╭─ INPUT

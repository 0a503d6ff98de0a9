//! `--seconds`: after them no further event is taken.
ghost use Rattle.std.specs.Prelude.{◌≡◌, IfErr, IfSome, None, Some, nat_le};
ghost use Rattle.amishell_execute.specs.{Deadline.{seconds_between, seconds_of}, Playing.{drive_fault_of}, declared.faults.Fault.TheVariants.{Seconds}};

use crate::faults::Fault;
use std::time::{Clock, Instant};

/// The time that a run may take.
#[derive(Clone, Copy)]
pub struct Deadline {
    begun: Instant,
    seconds: u64,
}

impl Deadline {
    /// This many seconds from now on; none if the clock cannot be read.
    pub fn after<R: Clock>(rt: &R, seconds: Option<u64>) -> Option<Deadline>
        ensures { IfSome result (λ deadline. seconds ≡ Some (seconds_of deadline)) }
    {
        match (Instant::now(rt), seconds) {
            (Ok(begun), Some(seconds)) => Some(Deadline { begun, seconds }),
            _ => None,
        }
    }

    /// `Seconds` if they have passed. While the clock cannot be read they have not.
    pub fn check<R: Clock>(&self, rt: &R) -> Result<(), Fault>
        ensures fault { IfErr result (λ why. why ≡ Seconds (seconds_of self.now)) }
        ensures drive { IfErr result (λ why. drive_fault_of why ≡ None) }
    {
        match Instant::now(rt) {
            Ok(now) if self.is_over(now) => Err(Fault::Seconds(self.seconds)),
            _ => Ok(()),
        }
    }

    // The seconds have passed at a moment.
    fn is_over(&self, now: Instant) -> bool
        ensures { result ≡ nat_le (seconds_of self.now) (seconds_between self.now.begun now) }
    {
        now.duration_since(self.begun).as_secs() >= self.seconds
    }
}
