//! The output of a run, by which it is seen which shell had an event.

use crate::trail::Trail;
use ados_launch::{Next, Sink};
use ados_machine::EndReport;
use ados_world::World;
use std::io;

/// A writer of a run, and the trail that it keeps of what it is shown.
#[derive(Drop)]
pub struct Watched<K: Sink> {
    /// Where the bytes go.
    pub inner: K,
    /// The scripts of each shell.
    pub trail: Trail,
}

impl<K: Sink> Sink for Watched<K> {
    ghost contents = { λ w. K.contents w.inner };

    ghost faults = { λ w. K.faults w.inner };

    ghost stalls = { λ w. K.stalls w.inner };

    fn heed(&mut self, world: &World, next: Next) {
        self.inner.heed(world, next);
        self.trail.expect(world, next);
    }

    fn tells(&self) -> bool {
        self.inner.tells()
    }

    fn heed_ends(&mut self, ends: &[EndReport]) {
        self.inner.heed_ends(ends);
    }

    fn write(&mut self, buffer: &[u8]) -> io::Result<usize> {
        self.inner.write(buffer)
    }
}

╰─

# [WHAT IS NEEDED]
Set the whole listing down again so that it matches the original exactly.

# [REPLY]
repository 0a503d6ff98de0a9
//! `--seconds`: after them no further event is taken.
ghost use Rattle.std.specs.Prelude.{◌≡◌, IfErr, IfSome, None, Some, nat_le};
ghost use Rattle.amishell_execute.specs.{Deadline.{seconds_between, seconds_of}, Playing.{drive_fault_of}, declared.faults.Fault.TheVariants.{Seconds}};

use crate::faults::Fault;
use std::time::{Clock, Instant};

/// The time that a run may take.
#[derive(Clone, Copy)]
pub struct Deadline {
    begun: Instant,
    seconds: u64,
}

impl Deadline {
    /// This many seconds from now on; none if the clock cannot be read.
    pub fn after<R: Clock>(rt: &R, seconds: Option<u64>) -> Option<Deadline>
        ensures { IfSome result (λ deadline. seconds ≡ Some (seconds_of deadline)) }
    {
        match (Instant::now(rt), seconds) {
            (Ok(begun), Some(seconds)) => Some(Deadline { begun, seconds }),
            _ => None,
        }
    }

    /// `Seconds` if they have passed. While the clock cannot be read they have not.
    pub fn check<R: Clock>(&self, rt: &R) -> Result<(), Fault>
        ensures fault { IfErr result (λ why. why ≡ Seconds (seconds_of self.now)) }
        ensures drive { IfErr result (λ why. drive_fault_of why ≡ None) }
    {
        match Instant::now(rt) {
            Ok(now) if self.is_over(now) => Err(Fault::Seconds(self.seconds)),
            _ => Ok(()),
        }
    }

    // The seconds have passed at a moment.
    fn is_over(&self, now: Instant) -> bool
        ensures { result ≡ nat_le (seconds_of self.now) (seconds_between self.now.begun now) }
    {
        now.duration_since(self.begun).as_secs() >= self.seconds
    }
}
//! The output of a run, by which it is seen which shell had an event.

use crate::trail::Trail;
use ados_launch::{Next, Sink};
use ados_machine::EndReport;
use ados_world::World;
use std::io;

/// A writer of a run, and the trail that it keeps of what it is shown.
#[derive(Drop)]
pub struct Watched<K: Sink> {
    /// Where the bytes go.
    pub inner: K,
    /// The scripts of each shell.
    pub trail: Trail,
}

impl<K: Sink> Sink for Watched<K> {
    ghost contents = { λ w. K.contents w.inner };

    ghost faults = { λ w. K.faults w.inner };

    ghost stalls = { λ w. K.stalls w.inner };

    fn heed(&mut self, world: &World, next: Next) {
        self.inner.heed(world, next);
        self.trail.expect(world, next);
    }

    fn tells(&self) -> bool {
        self.inner.tells()
    }

    fn heed_ends(&mut self, ends: &[EndReport]) {
        self.inner.heed_ends(ends);
    }

    fn write(&mut self, buffer: &[u8]) -> io::Result<usize> {
        self.inner.write(buffer)
    }
}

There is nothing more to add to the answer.